The TVS iQube electric scooter is one of the fastest-selling two-wheeler electric vehicles.In Feburary 2024,iQube has helped TVS Motor become the No. 2 electric vehicle (EV) original equipment manufacturer (OEM) and achieve a 19% market share in the thriving Indian e-two-wheeler market. 

Jefferies initiated a ‘buy’ recommendation on TVS Motor with a target price of Rs 2,525 per share, implying an upside potential of up to 23% from Friday’s trading price of Rs 2,052. 

Jefferies emphasized the significant growth of the company’s Q4 EBITDA and recurring profit after tax (PAT), which surged 36-43% year-on-year, reaching unprecedented highs. Additionally, the EBITDA margin saw a sequential increase of 10 basis points, reaching 11.3%, while EBITDA per vehicle rose by 4% quarter-on-quarter. 
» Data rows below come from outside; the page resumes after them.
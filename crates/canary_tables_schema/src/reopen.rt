//! A store is opened, or opened anew, so that it is known in which order its rows stand.
ghost use Rattle.std.specs.Prelude.{◌≡◌, ◌≤◌, ◌↔◌, false, IsTrue, IfOk, IfErr, IfSome};
ghost use Rattle.sqlite.specs.Held.{state};
ghost use Rattle.sqlite.specs.State.{HasCleanDisk, Opens, IsLive};
ghost use Rattle.sqlite.specs.Steps.{IsFresh};
ghost use Rattle.sqlite_trees.specs.View.{IsClean, IsQuiet, doubt};
ghost use Rattle.canary_tables_schema.specs.Formed.{AreWhole, HasWholeTallies, HasRisingTables};
ghost use Rattle.canary_tables_schema.specs.Formed.{IsRising};
ghost use Rattle.canary_tables_schema.specs.Listed.{ListsTally};
ghost use Rattle.canary_tables_schema.specs.Stores.{IsUsable};
ghost use Rattle.canary_tables_schema.specs.Numbered.{IsOpenedAnew, IsLeft};

use crate::fault::{StoreFault, fault_below, fault_of};
use crate::recognize::{is_desk, tally_tree};
use crate::whole::has_whole_tallies;
use sqlite::{Alter, Connection};
use sqlite_catalog::load::load;
use std::alloc::Global;

// Reads the rows of tally, which has this tree, and then opens the store.
fn open_read<S: Alter + Drop>(
    alloc: Global,
    mut store: S,
    tally: u32,
) -> Result<(Connection<S>, bool), (StoreFault, S)>
    requires { IsClean (S.Store.view store) → IsFresh (S.Store.view store) }
    ensures mode { IfOk result (λ r. r.0.in_transaction ≡ false) }
    ensures clean { IfOk result (λ r.
        doubt (S.Store.view store).is_clean ≤ doubt (state S.Store r.0).is_clean) }
    ensures trees { IfOk result (λ r. HasCleanDisk (state S.Store r.0)
        → (state S.Store r.0).now.trees ≡ (S.Store.view store).trees) }
    ensures opens { IfOk result (λ r. HasCleanDisk (state S.Store r.0)
        → Opens (state S.Store r.0) × IsLive (state S.Store r.0)) }
    ensures whole { IfOk result (λ r. HasCleanDisk (state S.Store r.0)
        → (IsTrue r.1 ↔ AreWhole tally (S.Store.view store).trees)) }
    ensures quiet { IfErr result (λ e. IsQuiet
        S.Store.view S.Store.faults S.Store.recovers S.Store.is_shielded store e.1) }
    ensures rows { IfErr result (λ e. IsClean (S.Store.view e.1)
        → IsTrue (S.Store.view e.1).is_open
        → (S.Store.view e.1).trees ≡ (S.Store.view store).trees) }
{
    let is_whole = match has_whole_tallies(alloc, &mut store, tally) {
        Ok(is_whole) => is_whole,
        Err(error) => return Err((fault_below(error), store)),
    };
    match Connection::over(alloc, store) {
        Ok(conn) => Ok((conn, is_whole)),
        Err((error, store)) => Err((fault_of(error), store)),
    }
}

/// Takes the store out of the connection and opens it again, which reads each row once more. The
/// database is the same, and the rows of its tables are now known to stand in the order of their
/// rowids. Beside the connection it reports whether each row of tally, if the database is a desk's,
/// has a value for each column: one that was written before a column was added has not, and no
/// query shows it.
///
/// # Errors
///
/// `Memory` if an allocation was refused, `Storage` if the store failed otherwise, for example if
/// the disk did, or it was shut. The store is handed back, with the database as it was.
pub fn reopen<S: Alter + Drop>(
    alloc: Global,
    conn: Connection<S>,
) -> Result<(Connection<S>, bool), (StoreFault, S)>
    requires autocommit { conn.in_transaction ≡ false }
    ensures mode { IfOk result (λ r. r.0.in_transaction ≡ false) }
    ensures opened { IfOk result (λ r. IsUsable (state S.Store r.0)
        → IsOpenedAnew (state S.Store conn) (state S.Store r.0)) }
    ensures rising { IfOk result (λ r. IsUsable (state S.Store r.0)
        → HasRisingTables (state S.Store r.0).now) }
    ensures whole { IfOk result (λ r. IsUsable (state S.Store r.0)
        → (IsTrue r.1 ↔ HasWholeTallies (state S.Store r.0).now)) }
    ensures left { IfErr result (λ e. IsLeft (state S.Store conn) (S.Store.view e.1)) }
{
    let _settled = conn.is_autocommit();
    let tally = tally_tree(conn.schema());
    let store = conn.into_store();
    if store.is_broken() {
        return Err((StoreFault::Storage, store));
    }
    open_read(alloc, store, tally)
}

// The tree of tally, if the store, which was just opened, lists the tables of a desk.
fn listed_tally<S: Alter>(alloc: Global, store: &S) -> Result<Option<u32>, StoreFault>
    requires { IsClean (S.Store.view store.now) → (S.Store.view store.now).is_broken ≡ false }
    ensures { IfOk result (λ found. IfSome found (λ tally. IsClean (S.Store.view store.now)
        → ListsTally (S.Store.view store.now).trees tally)) }
{
    match load(store, alloc) {
        Ok(Some(schema)) if is_desk(&schema) => Ok(Some(tally_tree(&schema))),
        Ok(_) => Ok(None),
        Err(_) => Err(StoreFault::Memory),
    }
}

/// Opens a connection over a store that was just opened, if it lists the tables of a desk: each row
/// is read once. The database is the store's, and the rows of its tables are known to stand in the
/// order of their rowids. Beside the connection it reports what `reopen` reports. `None`, if other
/// tables are listed, and the store is let go then.
///
/// # Errors
///
/// `Memory` if an allocation was refused, `Storage` if the store failed otherwise, for example if
/// the disk did, or the rows do not obey the schema. The store is let go.
pub fn open_desk<S: Alter + Drop>(
    alloc: Global,
    store: S,
) -> Result<Option<(Connection<S>, bool)>, StoreFault>
    requires { IsClean (S.Store.view store) → IsFresh (S.Store.view store) }
    ensures mode { IfOk result (λ found. IfSome found (λ r. r.0.in_transaction ≡ false)) }
    ensures trees { IfOk result (λ found. IfSome found (λ r. HasCleanDisk (state S.Store r.0)
        → (state S.Store r.0).now.trees ≡ (S.Store.view store).trees)) }
    ensures numbered { IfOk result (λ found. IfSome found (λ r. IsUsable (state S.Store r.0)
        → IsRising (state S.Store r.0).now)) }
    ensures whole { IfOk result (λ found. IfSome found (λ r. IsUsable (state S.Store r.0)
        → (IsTrue r.1 ↔ HasWholeTallies (state S.Store r.0).now))) }
{
    match listed_tally(alloc, &store) {
        Ok(Some(tally)) => match open_read(alloc, store, tally) {
            Ok(opened) => Ok(Some(opened)),
            Err((fault, _)) => Err(fault),
        },
        Ok(None) => Ok(None),
        Err(fault) => Err(fault),
    }
}
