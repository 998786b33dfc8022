//! Laws of what is attached, each the contract of a function that does nothing.
ghost use Rattle.ext_attached.specs.Laws.{DetachedIsPlanned, OneDetach, OneLeast, OthersStayAttached, WithoutAgain};

/// A valid host without some of its attachments is valid and drawn from it.
pub fn a_detached_host_is_planned()
    ensures { DetachedIsPlanned }
{}

/// Of some paths there is one least that passes a test, or none.
pub fn there_is_one_least_path()
    ensures { OneLeast }
{}

/// The state of an image of another name stays where an attachment goes, and the one that goes is detached.
pub fn other_states_stay()
    ensures { OthersStayAttached }
{}

/// Where the attachments of an image are gone, taking them away again changes nothing.
pub fn taking_away_twice_is_taking_away_once()
    ensures { WithoutAgain }
{}

/// One thing comes of detaching an image.
pub fn there_is_one_detachment()
    ensures { OneDetach }
{}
The brokerage firm anticipates that the company will experience substantial benefits from the resurgence in demand for two-wheelers in both domestic and export markets. Furthermore, an improvement in the franchise suggests potential for further expansion in margins. 

Based on TVS’ earning per share (EPS) has tripled over the past three years, the analyst predicts a more than doubling of EPS over the next three years. 

Moreover, the brokerage pointed out that the automaker’s management has indicated an exciting prospect for FY25 with numerous new launches planned. In the electric vehicle (EV) segment, the company intends to introduce multiple variants of iQube with various battery options tailored to consumer preferences. Additionally, it aims to unveil other EV models, including the highly anticipated 3W EV.